◆ Task material:
##########

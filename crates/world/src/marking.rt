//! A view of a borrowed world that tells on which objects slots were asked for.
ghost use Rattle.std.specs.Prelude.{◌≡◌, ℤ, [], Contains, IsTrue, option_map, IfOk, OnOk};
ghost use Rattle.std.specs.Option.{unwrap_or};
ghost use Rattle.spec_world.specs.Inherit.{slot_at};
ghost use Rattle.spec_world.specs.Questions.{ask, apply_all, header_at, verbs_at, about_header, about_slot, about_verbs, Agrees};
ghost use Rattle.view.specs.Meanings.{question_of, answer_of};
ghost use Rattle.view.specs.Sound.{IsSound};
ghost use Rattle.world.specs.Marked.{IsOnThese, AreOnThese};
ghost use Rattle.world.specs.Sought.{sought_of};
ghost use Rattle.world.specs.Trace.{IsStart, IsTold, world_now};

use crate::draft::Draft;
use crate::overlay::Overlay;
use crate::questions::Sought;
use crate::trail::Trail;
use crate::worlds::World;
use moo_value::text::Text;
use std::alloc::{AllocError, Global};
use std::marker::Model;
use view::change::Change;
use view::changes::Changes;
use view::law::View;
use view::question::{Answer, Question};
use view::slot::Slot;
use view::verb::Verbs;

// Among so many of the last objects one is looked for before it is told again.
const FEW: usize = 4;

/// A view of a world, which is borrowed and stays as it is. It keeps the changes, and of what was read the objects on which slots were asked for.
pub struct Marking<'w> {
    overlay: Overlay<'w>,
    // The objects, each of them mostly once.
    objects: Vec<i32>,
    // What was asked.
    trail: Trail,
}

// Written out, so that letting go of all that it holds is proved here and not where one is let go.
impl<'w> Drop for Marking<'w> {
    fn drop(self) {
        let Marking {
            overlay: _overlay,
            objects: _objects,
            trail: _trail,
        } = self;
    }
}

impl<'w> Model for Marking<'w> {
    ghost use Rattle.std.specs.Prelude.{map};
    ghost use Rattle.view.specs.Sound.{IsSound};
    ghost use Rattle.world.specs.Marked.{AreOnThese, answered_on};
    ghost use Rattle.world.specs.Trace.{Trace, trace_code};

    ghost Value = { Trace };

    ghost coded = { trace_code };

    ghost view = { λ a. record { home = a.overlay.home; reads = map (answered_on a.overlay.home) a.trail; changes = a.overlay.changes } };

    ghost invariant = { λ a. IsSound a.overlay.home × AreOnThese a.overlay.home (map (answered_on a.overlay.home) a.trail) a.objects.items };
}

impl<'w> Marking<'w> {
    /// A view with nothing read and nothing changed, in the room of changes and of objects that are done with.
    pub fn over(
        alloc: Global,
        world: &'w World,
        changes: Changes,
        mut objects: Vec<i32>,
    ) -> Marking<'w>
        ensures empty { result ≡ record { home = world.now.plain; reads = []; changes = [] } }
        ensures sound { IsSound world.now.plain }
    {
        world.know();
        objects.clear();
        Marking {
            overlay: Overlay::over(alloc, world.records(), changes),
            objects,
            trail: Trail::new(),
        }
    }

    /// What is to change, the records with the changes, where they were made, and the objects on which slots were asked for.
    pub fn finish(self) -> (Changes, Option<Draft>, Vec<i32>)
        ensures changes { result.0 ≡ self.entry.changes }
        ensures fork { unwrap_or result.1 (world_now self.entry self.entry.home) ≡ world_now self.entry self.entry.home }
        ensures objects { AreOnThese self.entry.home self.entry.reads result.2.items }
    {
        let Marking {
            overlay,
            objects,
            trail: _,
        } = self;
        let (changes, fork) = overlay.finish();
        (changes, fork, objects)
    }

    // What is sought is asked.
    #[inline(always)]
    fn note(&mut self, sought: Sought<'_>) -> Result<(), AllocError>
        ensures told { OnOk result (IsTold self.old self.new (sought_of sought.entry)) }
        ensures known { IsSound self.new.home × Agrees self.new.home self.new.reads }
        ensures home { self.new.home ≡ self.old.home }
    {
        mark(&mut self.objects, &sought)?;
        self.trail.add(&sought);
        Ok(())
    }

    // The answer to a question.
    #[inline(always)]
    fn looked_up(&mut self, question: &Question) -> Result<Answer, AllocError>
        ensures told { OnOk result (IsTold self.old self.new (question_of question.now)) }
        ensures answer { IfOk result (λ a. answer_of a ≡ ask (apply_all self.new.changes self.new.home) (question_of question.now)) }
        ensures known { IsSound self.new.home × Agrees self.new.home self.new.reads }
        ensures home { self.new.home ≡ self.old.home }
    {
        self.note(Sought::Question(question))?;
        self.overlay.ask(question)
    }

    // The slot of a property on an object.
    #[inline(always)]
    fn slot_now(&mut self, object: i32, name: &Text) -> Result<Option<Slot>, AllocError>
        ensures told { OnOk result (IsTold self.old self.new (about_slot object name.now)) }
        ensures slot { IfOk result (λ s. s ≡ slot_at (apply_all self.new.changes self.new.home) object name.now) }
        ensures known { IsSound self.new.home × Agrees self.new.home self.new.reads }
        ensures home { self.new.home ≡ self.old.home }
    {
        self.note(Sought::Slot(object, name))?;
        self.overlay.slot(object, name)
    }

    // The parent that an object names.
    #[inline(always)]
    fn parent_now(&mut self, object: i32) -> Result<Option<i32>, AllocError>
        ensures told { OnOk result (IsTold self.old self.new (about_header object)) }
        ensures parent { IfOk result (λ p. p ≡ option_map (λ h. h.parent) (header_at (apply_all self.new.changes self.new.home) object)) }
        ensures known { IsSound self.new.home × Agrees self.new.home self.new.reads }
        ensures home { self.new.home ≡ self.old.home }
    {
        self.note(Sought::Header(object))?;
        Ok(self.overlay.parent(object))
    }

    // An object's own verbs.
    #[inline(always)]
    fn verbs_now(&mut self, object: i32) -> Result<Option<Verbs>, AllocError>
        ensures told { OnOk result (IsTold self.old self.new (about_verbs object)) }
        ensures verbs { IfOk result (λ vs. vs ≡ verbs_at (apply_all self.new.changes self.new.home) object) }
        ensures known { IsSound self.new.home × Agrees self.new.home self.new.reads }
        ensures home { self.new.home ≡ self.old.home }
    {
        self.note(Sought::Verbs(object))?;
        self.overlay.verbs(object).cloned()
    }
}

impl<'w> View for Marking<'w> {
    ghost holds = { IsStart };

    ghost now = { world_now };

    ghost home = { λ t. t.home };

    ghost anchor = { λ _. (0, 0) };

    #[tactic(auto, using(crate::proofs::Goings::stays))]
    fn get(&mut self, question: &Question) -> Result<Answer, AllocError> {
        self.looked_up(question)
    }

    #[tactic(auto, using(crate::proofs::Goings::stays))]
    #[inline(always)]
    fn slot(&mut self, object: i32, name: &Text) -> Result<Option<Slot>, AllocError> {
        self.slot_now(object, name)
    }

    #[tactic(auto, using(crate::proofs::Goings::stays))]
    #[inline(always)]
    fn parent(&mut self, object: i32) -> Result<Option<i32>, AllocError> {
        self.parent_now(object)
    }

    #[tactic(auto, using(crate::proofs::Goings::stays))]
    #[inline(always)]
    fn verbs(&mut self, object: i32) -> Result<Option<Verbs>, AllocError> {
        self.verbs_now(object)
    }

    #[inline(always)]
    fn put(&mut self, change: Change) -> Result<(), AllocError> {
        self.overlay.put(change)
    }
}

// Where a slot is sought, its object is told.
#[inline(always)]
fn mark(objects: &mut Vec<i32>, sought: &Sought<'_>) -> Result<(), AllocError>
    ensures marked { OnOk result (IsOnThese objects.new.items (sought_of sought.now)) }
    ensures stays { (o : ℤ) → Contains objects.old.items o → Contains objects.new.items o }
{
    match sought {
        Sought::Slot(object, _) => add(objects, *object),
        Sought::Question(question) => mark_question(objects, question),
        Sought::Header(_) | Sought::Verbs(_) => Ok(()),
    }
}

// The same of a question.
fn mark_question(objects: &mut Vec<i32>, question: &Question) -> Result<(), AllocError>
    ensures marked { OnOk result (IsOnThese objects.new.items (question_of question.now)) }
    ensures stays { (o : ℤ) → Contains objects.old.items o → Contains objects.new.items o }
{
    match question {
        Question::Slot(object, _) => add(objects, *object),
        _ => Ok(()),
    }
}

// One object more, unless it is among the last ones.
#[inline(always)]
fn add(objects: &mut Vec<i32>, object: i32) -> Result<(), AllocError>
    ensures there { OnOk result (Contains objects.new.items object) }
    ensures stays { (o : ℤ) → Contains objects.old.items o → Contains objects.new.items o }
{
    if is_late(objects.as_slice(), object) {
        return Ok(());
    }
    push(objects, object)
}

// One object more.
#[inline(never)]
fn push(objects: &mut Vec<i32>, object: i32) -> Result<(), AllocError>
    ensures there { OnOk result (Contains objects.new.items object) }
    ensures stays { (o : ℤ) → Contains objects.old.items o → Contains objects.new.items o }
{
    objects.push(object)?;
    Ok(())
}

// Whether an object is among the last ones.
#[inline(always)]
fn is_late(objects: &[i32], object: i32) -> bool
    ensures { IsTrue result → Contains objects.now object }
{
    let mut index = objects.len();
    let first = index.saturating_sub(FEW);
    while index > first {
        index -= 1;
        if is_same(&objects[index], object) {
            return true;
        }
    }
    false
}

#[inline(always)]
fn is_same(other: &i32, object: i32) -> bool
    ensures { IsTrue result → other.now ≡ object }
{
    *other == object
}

##########

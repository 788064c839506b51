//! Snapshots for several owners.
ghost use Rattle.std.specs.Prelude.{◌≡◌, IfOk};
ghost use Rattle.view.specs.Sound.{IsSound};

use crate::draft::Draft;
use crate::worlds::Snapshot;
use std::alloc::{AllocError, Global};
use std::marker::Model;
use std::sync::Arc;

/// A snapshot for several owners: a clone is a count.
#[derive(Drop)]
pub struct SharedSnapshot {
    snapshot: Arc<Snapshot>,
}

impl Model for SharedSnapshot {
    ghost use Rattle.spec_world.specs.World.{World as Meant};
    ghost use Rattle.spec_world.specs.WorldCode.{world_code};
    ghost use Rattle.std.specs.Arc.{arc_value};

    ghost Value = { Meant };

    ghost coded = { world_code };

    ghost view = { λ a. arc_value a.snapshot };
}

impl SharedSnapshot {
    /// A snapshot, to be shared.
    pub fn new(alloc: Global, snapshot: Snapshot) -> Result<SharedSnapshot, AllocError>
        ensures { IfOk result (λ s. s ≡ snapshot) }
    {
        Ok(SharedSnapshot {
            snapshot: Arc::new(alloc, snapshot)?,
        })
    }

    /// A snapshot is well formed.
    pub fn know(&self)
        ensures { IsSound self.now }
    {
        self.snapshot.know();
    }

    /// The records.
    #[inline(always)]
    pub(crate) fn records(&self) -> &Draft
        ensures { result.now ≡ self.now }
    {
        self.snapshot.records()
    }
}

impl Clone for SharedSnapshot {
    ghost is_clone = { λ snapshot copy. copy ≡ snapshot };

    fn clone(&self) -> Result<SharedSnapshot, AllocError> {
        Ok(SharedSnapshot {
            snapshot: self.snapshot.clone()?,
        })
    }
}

##########

◆ Problem to work on: The output should be exactly the lines above from the line containing "use view::slot::Slot;" to the line containing "unwrap_or result.1 (world_now", inclusive, with no other lines.

◆ Solution:
use view::slot::Slot;
use view::verb::Verbs;

// Among so many of the last objects one is looked for before it is told again.
const FEW: usize = 4;

/// A view of a world, which is borrowed and stays as it is. It keeps the changes, and of what was read the objects on which slots were asked for.
pub struct Marking<'w> {
    overlay: Overlay<'w>,
    // The objects, each of them mostly once.
    objects: Vec<i32>,
    // What was asked.
    trail: Trail,
}

// Written out, so that letting go of all that it holds is proved here and not where one is let go.
impl<'w> Drop for Marking<'w> {
    fn drop(self) {
        let Marking {
            overlay: _overlay,
            objects: _objects,
            trail: _trail,
        } = self;
    }
}

impl<'w> Model for Marking<'w> {
    ghost use Rattle.std.specs.Prelude.{map};
    ghost use Rattle.view.specs.Sound.{IsSound};
    ghost use Rattle.world.specs.Marked.{AreOnThese, answered_on};
    ghost use Rattle.world.specs.Trace.{Trace, trace_code};

    ghost Value = { Trace };

    ghost coded = { trace_code };

    ghost view = { λ a. record { home = a.overlay.home; reads = map (answered_on a.overlay.home) a.trail; changes = a.overlay.changes } };

    ghost invariant = { λ a. IsSound a.overlay.home × AreOnThese a.overlay.home (map (answered_on a.overlay.home) a.trail) a.objects.items };
}

impl<'w> Marking<'w> {
    /// A view with nothing read and nothing changed, in the room of changes and of objects that are done with.
    pub fn over(
        alloc: Global,
        world: &'w World,
        changes: Changes,
        mut objects: Vec<i32>,
    ) -> Marking<'w>
        ensures empty { result ≡ record { home = world.now.plain; reads = []; changes = [] } }
        ensures sound { IsSound world.now.plain }
    {
        world.know();
        objects.clear();
        Marking {
            overlay: Overlay::over(alloc, world.records(), changes),
            objects,
            trail: Trail::new(),
        }
    }

    /// What is to change, the records with the changes, where they were made, and the objects on which slots were asked for.
    pub fn finish(self) -> (Changes, Option<Draft>, Vec<i32>)
        ensures changes { result.0 ≡ self.entry.changes }
        ensures fork { unwrap_or result.1 (world_now self.entry self.entry.home) ≡ world_now self.entry self.entry.home }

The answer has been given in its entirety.